OTH Amberg-Weiden lobt Preis für Nachwuchswissenschaftlerinnen aus

Zur Gewinnung und Förderung weiblicher Wissenschaftlerinnen hat nun das Zentrum für Gender und Diversity (ZGD) der OTH Amberg-Weiden zum ersten Mal den Förderpreis für Nachwuchswissenschaftlerinnen vergeben.

Den Förderpreis in Höhe von 500 Euro erhalten vier Masterstudentinnen der vier Fakultäten für ihre erbrachte hervorragende Notenleistung:

  • Isabella Bäumler, Medizintechnik
  • Ina Jakobi, Umwelttechnologie
  • Vera Kaltenecker, Medientechnik und Medienproduktion
  • Stefanie Prediger, Angewandte Wirtschaftspsychologie

Ausgelobt wurde der neue Förderpreis im Rahmen des Professorinnenprogramms III des Bundes und der Länder, das unter anderem die Gleichstellung von Frauen und Männern an Hochschulen unterstützt sowie die Repräsentation von Frauen auf allen Qualifikationsstufen im Wissenschaftssystem nachhaltig verbessern will.

Die OTH Amberg-Weiden ist seit 2019 Teil des Professorinnenprogramms III. Ein unabhängiges Gremium bewertete das im Jahre 2018 eingereichte Gleichstellungszukunftskonzept positiv, womit eine Förderung bis 2024 gewährleistet ist.

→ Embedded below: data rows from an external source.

/// An end takes a Packet Identifier that is in use (S01).
pub fn identifiers_in_use()
    ensures client_breaks { failing client S01 (Open ∷ sends lasting ∷ gets accepting ∷ sends (once false 1) ∷ sends (once false 1) ∷ []) ≡ 5 ∷ [] }
    ensures client_keeps { failing client S01 (Open ∷ sends lasting ∷ gets accepting ∷ sends (once false 1) ∷ gets (Puback 1 0) ∷ sends (once false 1) ∷ []) ≡ [] }
    ensures client_breaks_pubrec { failing client S01 (Open ∷ sends lasting ∷ gets accepting ∷ sends (exactly false 1) ∷ gets (Pubrec 1 0) ∷ sends (exactly false 1) ∷ []) ≡ 6 ∷ [] }
    ensures client_keeps_refused { failing client S01 (Open ∷ sends lasting ∷ gets accepting ∷ sends (exactly false 1) ∷ gets (Pubrec 1 128) ∷ sends (exactly false 1) ∷ []) ≡ [] }
    ensures client_breaks_resumed { failing client S01 (Open ∷ sends lasting ∷ gets accepting ∷ sends (once false 1) ∷ Close ∷ Open ∷ sends again ∷ gets resuming ∷ sends (once false 1) ∷ []) ≡ 9 ∷ [] }
    ensures client_keeps_anew { failing client S01 (Open ∷ sends lasting ∷ gets accepting ∷ sends (once false 1) ∷ Close ∷ Open ∷ sends again ∷ gets accepting ∷ sends (once false 1) ∷ []) ≡ [] }
    ensures client_subscribes_breaks { failing client S01 (Open ∷ sends lasting ∷ gets accepting ∷ sends (asks_a 1 0) ∷ sends (asks_a 1 0) ∷ []) ≡ 5 ∷ [] }
    ensures client_subscribes_keeps { failing client S01 (Open ∷ sends lasting ∷ gets accepting ∷ sends (asks_a 1 0) ∷ gets (Suback 1 []) ∷ sends (asks_a 1 0) ∷ []) ≡ [] }
    ensures client_breaks_void_closer { failing client S01 (Open ∷ sends lasting ∷ gets accepting ∷ sends (once false 1) ∷ Close ∷ Open ∷ sends again ∷ gets refusing ∷ gets (Puback 1 0) ∷ Close ∷ Open ∷ sends again ∷ gets resuming ∷ sends (once false 1) ∷ []) ≡ 14 ∷ [] }
    ensures client_keeps_passed_over { failing client S01 (Open ∷ sends lasting ∷ gets accepting ∷ sends (once false 1) ∷ Close ∷ Open ∷ sends again ∷ gets (limiting true None None None (Some 9)) ∷ sends (once false 1) ∷ []) ≡ [] }
    ensures client_breaks_sent_again { failing client S01 (Open ∷ sends lasting ∷ gets accepting ∷ sends (once false 1) ∷ Close ∷ Open ∷ sends again ∷ gets (limiting true None None None (Some 9)) ∷ sends (once true 1) ∷ sends (once false 1) ∷ []) ≡ 10 ∷ [] }
    ensures client_breaks_early { failing client S01 (Open ∷ sends lasting ∷ gets accepting ∷ sends (once false 1) ∷ Close ∷ Open ∷ sends again ∷ sends (once false 1) ∷ gets (limiting true None None None (Some 9)) ∷ []) ≡ 8 ∷ [] }
    ensures client_breaks_confirmed { failing client S01 (Open ∷ sends lasting ∷ gets accepting ∷ sends (exactly false 1) ∷ gets (Pubrec 1 0) ∷ Close ∷ Open ∷ sends again ∷ gets (limiting true None None (Some 1) None) ∷ sends (exactly false 1) ∷ []) ≡ 10 ∷ [] }
    ensures server_keeps_passed_over { failing server S01 (Open ∷ gets lasting ∷ sends accepting ∷ sends (once false 1) ∷ Close ∷ Open ∷ gets (asking_again (Some 9)) ∷ sends resuming ∷ Close ∷ Open ∷ gets again ∷ sends resuming ∷ sends (once false 1) ∷ []) ≡ [] }
    ensures server_breaks_unbounded { failing server S01 (Open ∷ gets lasting ∷ sends accepting ∷ sends (once false 1) ∷ Close ∷ Open ∷ gets (asking_again None) ∷ sends resuming ∷ Close ∷ Open ∷ gets again ∷ sends resuming ∷ sends (once false 1) ∷ []) ≡ 13 ∷ [] }
    ensures server_breaks { failing server S01 (Open ∷ gets lasting ∷ sends accepting ∷ sends (once false 1) ∷ sends (once false 1) ∷ []) ≡ 5 ∷ [] }
    ensures server_keeps { failing server S01 (Open ∷ gets lasting ∷ sends accepting ∷ sends (once false 1) ∷ gets (Puback 1 0) ∷ sends (once false 1) ∷ []) ≡ [] }
{}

Wissenschaftlerinnen von morgen fördern

„Ich freue mich sehr über diese Förderung und dass wir in diesem Rahmen weitere Schritte im Bereich der Gleichstellung unternehmen können. Denn ganz besonders für eine Technische Hochschule stellt oftmals das Erreichen einer gender- und diversitätsausgewogenen Repräsentation von Frauen auf allen Qualifikationsstufen im Wissenschaftssystem eine große Herausforderung dar“, sagt Prof. Dr. Christiane Hellbach, Vizepräsidentin und Frauenbeauftragte der OTH Amberg-Weiden.

In diesem Zuge soll neben weiteren Maßnahmen zur Erhöhung des Frauenanteils auf allen Qualifikationsstufen im Wissenschaftssystem, wie z.B. Schaffung von Anreizsystemen für die Berufung von Professorinnen im MINT-Bereich, durch das Ausloben des Förderpreises die Gewinnung und Förderung von  Nachwuchswissenschaftlerinnen vorangetrieben werden.